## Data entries
_ _ _ _ _
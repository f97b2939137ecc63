//! Pictures of tops that a generator makes: the slices paint at each pixel what the tops do.

use super::drawn::{drawn, over};
use super::made::Shape::{Narrow, Outside, Round, Wide};
use super::made::{Clipped, Piece, WHITE, slices_of, tops_of};
use blend_rules::{Mode, Px};
use image_store::Store;
use picture_slices::Slice;
use primitives::Top;
use std::alloc::{AllocError, Global};
use std::process::Abort;
use std::test::Fail;
use wr_geom::Point;

/// How many pictures are compared.
const PICTURES: u64 = 100;

/// Numbers by a linear congruential generator.
#[derive(Drop)]
struct Draws {
    state: u64,
}

impl Draws {
    /// A number below a limit, 0 for the limit 0.
    fn below(&mut self, limit: u8) -> u8 {
        let next = self.state.wrapping_mul(6_364_136_223_846_793_005);
        self.state = next.wrapping_add(1_442_695_040_888_963_407);
        let drawn = (self.state >> 33) % u64::from(limit.max(1));
        u8::try_from(drawn).unwrap_or(0)
    }

    /// A premultiplied colour.
    fn colour(&mut self) -> Px {
        let a = self.below(255);
        Px {
            b: self.below(a),
            g: 0,
            r: self.below(a),
            a,
        }
    }

    /// Clips with which a top begins.
    fn clips(&mut self) -> &'static [Clipped] {
        match self.below(6) {
            0 => &[],
            1 => &[(Round, 0), (Wide, 0)],
            2 => &[(Wide, 0), (Round, 0)],
            3 => &[(Wide, 0), (Narrow, 1), (Outside, 0)],
            _ => &[(Wide, 0), (Narrow, 2)],
        }
    }
}

/// One to twelve pieces of up to four homes.
fn pieces(alloc: Global, seed: u64) -> Result<Vec<Piece<'static>>, AllocError> {
    let mut draws = Draws { state: seed };
    let mut pieces = Vec::new(alloc);
    for _ in 0..draws.below(12).saturating_add(1) {
        pieces.push(Piece {
            scroll: draws.below(4),
            clips: draws.clips(),
            colour: draws.colour(),
            is_group: draws.below(3) == 0,
        })?;
    }
    Ok(pieces)
}

/// The tops in slices over white, slice by slice.
fn of_tops(alloc: Global, tops: &[Top], store: &Store, at: Point) -> Result<Px, AllocError> {
    let (mut picture, mut slice) = (WHITE, Px::CLEAR);
    let (mut home, mut count) = (None, 0u8);
    for top in tops {
        if count == 0 || count < 8 && top.scroll != home {
            picture = over(Mode::Normal, slice, picture);
            (slice, home) = (Px::CLEAR, top.scroll);
            count = count.saturating_add(1);
        }
        slice = drawn(alloc, top.entries.as_slice(), store, at, slice)?;
    }
    Ok(over(Mode::Normal, slice, picture))
}

/// The slices over white.
fn of_slices(alloc: Global, slices: &[Slice], store: &Store, at: Point) -> Result<Px, AllocError> {
    let mut picture = WHITE;
    for slice in slices {
        if slice.shown.contains(at) {
            let here = Point {
                x: at.x.wrapping_sub(slice.origin.x),
                y: at.y.wrapping_sub(slice.origin.y),
            };
            let entries = slice.entries.as_slice();
            let colour = drawn(alloc, entries, store, here, Px::CLEAR)?;
            picture = over(Mode::Normal, colour, picture);
        }
    }
    Ok(picture)
}

/// Compares a pixel of both.
fn expect_same(
    rt: &(impl Abort + AllocGlobal),
    tops: &[Top],
    slices: &[Slice],
    store: &Store,
    at: Point,
) -> Result<(), Fail> {
    let want = of_tops(rt.alloc(), tops, store, at)?;
    let found = of_slices(rt.alloc(), slices, store, at)?;
    assert_eq!(rt; found, want);
    Ok(())
}

/// Compares each pixel of a picture of six by five pixels.
fn expect_picture(rt: &(impl Abort + AllocGlobal), seed: u64) -> Result<(), Fail> {
    let store = Store::new(rt.alloc());
    let pieces = pieces(rt.alloc(), seed)?;
    let tops = tops_of(rt.alloc(), &pieces)?;
    let slices = slices_of(rt.alloc(), &pieces)?;
    for pixel in 0..30u8 {
        let at = Point {
            x: i32::from(pixel % 6),
            y: i32::from(pixel / 6),
        };
        expect_same(rt, tops.as_slice(), slices.as_slice(), &store, at)?;
    }
    Ok(())
}

#[test]
fn slices_paint_what_the_tops_do(rt: HostRuntime) -> Result<(), Fail> {
    for seed in 0..PICTURES {
        expect_picture(&rt, seed)?;
    }
    Ok(())
}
_ _ _ _ _
## YOUR OBJECTIVE
With the string "next" as the key, filter the data above and show the lines that match.

## PROBLEM SOLUTION
        let next = self.state.wrapping_mul(6_364_136_223_846_793_005);
        self.state = next.wrapping_add(1_442_695_040_888_963_407);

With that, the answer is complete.